#### What to do
Write out exactly, please, the lines from the one containing "pub fn scan(alloc: Global, content: &[u8])" to the end of the material.

Material provided below:

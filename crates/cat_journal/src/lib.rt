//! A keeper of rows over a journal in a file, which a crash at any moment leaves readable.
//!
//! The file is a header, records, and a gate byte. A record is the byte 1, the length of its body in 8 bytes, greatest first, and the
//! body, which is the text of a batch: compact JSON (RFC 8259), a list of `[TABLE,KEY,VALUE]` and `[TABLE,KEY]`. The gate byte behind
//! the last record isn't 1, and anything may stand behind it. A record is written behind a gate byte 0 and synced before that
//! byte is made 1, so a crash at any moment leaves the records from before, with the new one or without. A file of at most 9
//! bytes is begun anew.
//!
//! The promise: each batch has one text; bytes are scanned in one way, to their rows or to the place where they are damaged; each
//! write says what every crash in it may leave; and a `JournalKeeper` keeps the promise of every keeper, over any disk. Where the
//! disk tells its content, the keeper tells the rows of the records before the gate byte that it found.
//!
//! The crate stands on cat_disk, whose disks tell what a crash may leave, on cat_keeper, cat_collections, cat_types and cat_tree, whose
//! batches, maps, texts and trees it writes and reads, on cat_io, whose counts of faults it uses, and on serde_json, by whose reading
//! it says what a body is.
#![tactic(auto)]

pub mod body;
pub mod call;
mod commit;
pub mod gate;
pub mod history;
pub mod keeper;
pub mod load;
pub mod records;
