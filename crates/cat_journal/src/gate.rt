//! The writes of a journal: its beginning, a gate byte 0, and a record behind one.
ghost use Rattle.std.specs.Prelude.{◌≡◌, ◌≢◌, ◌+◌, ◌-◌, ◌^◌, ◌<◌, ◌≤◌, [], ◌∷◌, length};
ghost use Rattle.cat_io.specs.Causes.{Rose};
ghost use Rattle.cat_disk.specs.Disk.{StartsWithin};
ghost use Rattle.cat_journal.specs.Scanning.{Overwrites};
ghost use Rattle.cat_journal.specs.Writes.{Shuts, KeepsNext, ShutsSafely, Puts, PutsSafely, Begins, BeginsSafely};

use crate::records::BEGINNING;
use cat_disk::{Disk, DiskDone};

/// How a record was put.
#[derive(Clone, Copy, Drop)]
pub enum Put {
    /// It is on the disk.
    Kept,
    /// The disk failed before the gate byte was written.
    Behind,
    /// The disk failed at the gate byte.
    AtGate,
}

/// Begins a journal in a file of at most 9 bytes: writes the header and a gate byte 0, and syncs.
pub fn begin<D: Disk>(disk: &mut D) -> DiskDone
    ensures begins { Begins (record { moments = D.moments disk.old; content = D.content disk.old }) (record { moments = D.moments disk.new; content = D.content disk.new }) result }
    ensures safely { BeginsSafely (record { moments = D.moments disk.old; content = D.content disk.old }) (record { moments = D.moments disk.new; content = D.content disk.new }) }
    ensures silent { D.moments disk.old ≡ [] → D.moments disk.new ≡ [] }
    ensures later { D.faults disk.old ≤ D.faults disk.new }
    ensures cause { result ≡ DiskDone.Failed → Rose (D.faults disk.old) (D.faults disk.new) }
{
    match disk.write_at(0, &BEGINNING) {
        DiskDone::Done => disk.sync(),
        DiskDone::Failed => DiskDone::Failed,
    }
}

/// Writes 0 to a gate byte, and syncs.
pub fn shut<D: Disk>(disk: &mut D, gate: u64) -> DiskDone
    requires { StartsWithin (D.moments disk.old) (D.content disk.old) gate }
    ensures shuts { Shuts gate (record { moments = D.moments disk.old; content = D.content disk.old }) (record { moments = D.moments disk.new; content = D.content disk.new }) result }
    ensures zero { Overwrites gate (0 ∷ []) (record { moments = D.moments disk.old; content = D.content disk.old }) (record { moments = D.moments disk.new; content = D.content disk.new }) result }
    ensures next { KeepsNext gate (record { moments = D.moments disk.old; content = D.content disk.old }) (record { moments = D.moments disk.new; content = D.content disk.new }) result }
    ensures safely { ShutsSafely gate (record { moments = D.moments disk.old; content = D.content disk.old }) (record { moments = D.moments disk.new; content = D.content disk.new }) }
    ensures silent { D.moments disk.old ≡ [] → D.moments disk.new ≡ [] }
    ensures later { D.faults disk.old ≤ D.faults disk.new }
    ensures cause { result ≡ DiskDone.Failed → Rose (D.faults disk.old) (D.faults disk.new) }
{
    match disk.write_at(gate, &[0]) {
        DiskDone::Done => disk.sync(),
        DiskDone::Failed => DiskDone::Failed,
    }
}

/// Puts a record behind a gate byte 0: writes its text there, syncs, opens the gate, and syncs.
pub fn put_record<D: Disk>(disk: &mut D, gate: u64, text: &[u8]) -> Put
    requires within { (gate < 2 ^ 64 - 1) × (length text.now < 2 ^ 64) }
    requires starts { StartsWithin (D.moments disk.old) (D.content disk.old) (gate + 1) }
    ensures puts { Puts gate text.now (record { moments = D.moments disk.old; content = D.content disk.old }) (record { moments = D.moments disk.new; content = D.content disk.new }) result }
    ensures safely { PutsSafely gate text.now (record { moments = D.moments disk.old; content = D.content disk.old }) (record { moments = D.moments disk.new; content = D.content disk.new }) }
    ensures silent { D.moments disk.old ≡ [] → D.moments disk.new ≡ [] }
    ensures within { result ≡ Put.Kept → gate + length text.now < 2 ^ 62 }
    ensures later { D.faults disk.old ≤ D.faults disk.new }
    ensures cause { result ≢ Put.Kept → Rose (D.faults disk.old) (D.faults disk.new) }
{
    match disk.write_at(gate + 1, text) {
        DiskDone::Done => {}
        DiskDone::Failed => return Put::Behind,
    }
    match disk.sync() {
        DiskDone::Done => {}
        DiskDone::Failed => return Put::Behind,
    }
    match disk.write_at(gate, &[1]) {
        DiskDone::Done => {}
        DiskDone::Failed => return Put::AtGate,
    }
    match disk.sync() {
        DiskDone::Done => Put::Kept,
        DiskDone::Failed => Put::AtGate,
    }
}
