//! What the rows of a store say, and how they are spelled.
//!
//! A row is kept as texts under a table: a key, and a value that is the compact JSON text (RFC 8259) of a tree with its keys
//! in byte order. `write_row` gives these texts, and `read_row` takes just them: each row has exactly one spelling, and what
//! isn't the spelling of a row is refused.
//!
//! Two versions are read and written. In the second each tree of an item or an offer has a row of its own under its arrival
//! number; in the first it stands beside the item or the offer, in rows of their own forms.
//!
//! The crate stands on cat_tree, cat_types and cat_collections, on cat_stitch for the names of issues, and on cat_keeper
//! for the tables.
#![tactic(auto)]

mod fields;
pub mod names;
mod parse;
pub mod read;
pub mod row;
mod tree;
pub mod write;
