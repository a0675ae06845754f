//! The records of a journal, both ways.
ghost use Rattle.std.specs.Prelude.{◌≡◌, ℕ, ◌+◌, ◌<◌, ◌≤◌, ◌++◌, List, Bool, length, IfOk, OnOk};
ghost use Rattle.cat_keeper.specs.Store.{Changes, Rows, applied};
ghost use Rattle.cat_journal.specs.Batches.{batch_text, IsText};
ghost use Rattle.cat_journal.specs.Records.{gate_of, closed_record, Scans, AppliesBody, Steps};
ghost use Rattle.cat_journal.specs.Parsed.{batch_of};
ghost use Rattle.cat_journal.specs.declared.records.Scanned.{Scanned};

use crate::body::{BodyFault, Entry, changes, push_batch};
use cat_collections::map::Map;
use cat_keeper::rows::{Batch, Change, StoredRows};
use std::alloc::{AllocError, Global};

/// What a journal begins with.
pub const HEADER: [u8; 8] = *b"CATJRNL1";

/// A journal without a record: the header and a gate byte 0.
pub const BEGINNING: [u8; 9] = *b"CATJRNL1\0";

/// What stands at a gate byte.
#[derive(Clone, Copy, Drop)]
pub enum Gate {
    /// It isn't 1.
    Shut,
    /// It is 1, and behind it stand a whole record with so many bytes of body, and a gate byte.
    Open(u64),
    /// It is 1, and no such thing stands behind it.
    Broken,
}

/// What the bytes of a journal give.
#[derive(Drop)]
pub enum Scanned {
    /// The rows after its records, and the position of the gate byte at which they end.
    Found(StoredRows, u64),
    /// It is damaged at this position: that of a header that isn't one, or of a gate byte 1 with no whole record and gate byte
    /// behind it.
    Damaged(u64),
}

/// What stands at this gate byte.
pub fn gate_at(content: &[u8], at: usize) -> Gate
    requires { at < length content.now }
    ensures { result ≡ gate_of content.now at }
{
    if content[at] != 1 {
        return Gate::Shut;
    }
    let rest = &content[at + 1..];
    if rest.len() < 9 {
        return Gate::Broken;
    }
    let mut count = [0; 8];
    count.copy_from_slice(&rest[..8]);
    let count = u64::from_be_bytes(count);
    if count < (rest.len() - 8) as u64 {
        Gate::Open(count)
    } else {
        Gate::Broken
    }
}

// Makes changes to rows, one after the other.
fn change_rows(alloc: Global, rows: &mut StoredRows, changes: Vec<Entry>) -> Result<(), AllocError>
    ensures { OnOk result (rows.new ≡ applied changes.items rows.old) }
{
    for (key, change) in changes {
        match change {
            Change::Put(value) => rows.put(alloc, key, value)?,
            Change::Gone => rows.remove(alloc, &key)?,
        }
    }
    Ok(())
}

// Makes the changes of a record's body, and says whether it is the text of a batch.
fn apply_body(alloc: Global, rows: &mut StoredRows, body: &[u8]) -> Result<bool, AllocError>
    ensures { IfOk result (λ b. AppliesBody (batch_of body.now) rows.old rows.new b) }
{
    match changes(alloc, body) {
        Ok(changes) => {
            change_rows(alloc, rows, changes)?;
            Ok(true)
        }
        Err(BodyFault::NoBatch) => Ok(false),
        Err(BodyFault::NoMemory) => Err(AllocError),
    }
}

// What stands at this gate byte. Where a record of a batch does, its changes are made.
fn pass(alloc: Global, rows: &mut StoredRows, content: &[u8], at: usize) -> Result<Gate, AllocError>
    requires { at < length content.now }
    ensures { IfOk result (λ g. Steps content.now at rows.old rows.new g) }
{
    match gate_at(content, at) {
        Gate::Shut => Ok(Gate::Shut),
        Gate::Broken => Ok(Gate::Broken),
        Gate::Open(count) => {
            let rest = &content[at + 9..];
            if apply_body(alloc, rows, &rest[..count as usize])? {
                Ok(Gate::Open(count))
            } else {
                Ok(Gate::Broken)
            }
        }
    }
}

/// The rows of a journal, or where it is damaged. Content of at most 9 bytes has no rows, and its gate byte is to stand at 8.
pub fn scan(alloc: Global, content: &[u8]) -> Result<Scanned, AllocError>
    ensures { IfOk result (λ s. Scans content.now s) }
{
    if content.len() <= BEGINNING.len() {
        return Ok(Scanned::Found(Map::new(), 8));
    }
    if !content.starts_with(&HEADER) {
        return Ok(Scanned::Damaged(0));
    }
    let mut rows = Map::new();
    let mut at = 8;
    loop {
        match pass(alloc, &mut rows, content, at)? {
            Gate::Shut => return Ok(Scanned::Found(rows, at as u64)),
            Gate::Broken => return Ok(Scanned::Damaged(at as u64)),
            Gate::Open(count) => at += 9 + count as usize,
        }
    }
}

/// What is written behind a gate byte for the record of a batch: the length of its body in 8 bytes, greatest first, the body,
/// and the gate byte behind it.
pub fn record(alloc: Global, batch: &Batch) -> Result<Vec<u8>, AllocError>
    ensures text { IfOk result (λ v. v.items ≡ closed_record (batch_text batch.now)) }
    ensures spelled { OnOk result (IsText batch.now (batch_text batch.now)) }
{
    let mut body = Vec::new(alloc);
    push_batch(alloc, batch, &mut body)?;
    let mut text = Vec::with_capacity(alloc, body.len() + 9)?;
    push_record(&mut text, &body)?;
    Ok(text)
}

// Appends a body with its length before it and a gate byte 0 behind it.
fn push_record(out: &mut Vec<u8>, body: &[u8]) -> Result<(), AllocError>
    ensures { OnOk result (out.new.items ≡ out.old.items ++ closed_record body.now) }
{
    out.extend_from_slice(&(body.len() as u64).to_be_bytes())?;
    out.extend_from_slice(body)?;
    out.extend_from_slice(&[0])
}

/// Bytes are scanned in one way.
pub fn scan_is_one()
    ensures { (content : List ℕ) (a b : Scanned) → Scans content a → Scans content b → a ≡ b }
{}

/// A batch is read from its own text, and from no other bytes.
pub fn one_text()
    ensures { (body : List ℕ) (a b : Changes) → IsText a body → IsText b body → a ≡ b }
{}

End of Material provided.

#### Result
pub fn scan(alloc: Global, content: &[u8]) -> Result<Scanned, AllocError>
    ensures { IfOk result (λ s. Scans content.now s) }
{
    if content.len() <= BEGINNING.len() {
        return Ok(Scanned::Found(Map::new(), 8));
    }
    if !content.starts_with(&HEADER) {
        return Ok(Scanned::Damaged(0));
    }
    let mut rows = Map::new();
    let mut at = 8;
    loop {
        match pass(alloc, &mut rows, content, at)? {
            Gate::Shut => return Ok(Scanned::Found(rows, at as u64)),
            Gate::Broken => return Ok(Scanned::Damaged(at as u64)),
            Gate::Open(count) => at += 9 + count as usize,
        }
    }
}

/// What is written behind a gate byte for the record of a batch: the length of its body in 8 bytes, greatest first, the body,
/// and the gate byte behind it.
pub fn record(alloc: Global, batch: &Batch) -> Result<Vec<u8>, AllocError>
    ensures text { IfOk result (λ v. v.items ≡ closed_record (batch_text batch.now)) }
    ensures spelled { OnOk result (IsText batch.now (batch_text batch.now)) }
{
    let mut body = Vec::new(alloc);
    push_batch(alloc, batch, &mut body)?;
    let mut text = Vec::with_capacity(alloc, body.len() + 9)?;
    push_record(&mut text, &body)?;
    Ok(text)
}

// Appends a body with its length before it and a gate byte 0 behind it.
fn push_record(out: &mut Vec<u8>, body: &[u8]) -> Result<(), AllocError>
    ensures { OnOk result (out.new.items ≡ out.old.items ++ closed_record body.now) }
{
    out.extend_from_slice(&(body.len() as u64).to_be_bytes())?;
    out.extend_from_slice(body)?;
    out.extend_from_slice(&[0])
}

/// Bytes are scanned in one way.
pub fn scan_is_one()
    ensures { (content : List ℕ) (a b : Scanned) → Scans content a → Scans content b → a ≡ b }
{}

/// A batch is read from its own text, and from no other bytes.
pub fn one_text()
    ensures { (body : List ℕ) (a b : Changes) → IsText a body → IsText b body → a ≡ b }
{}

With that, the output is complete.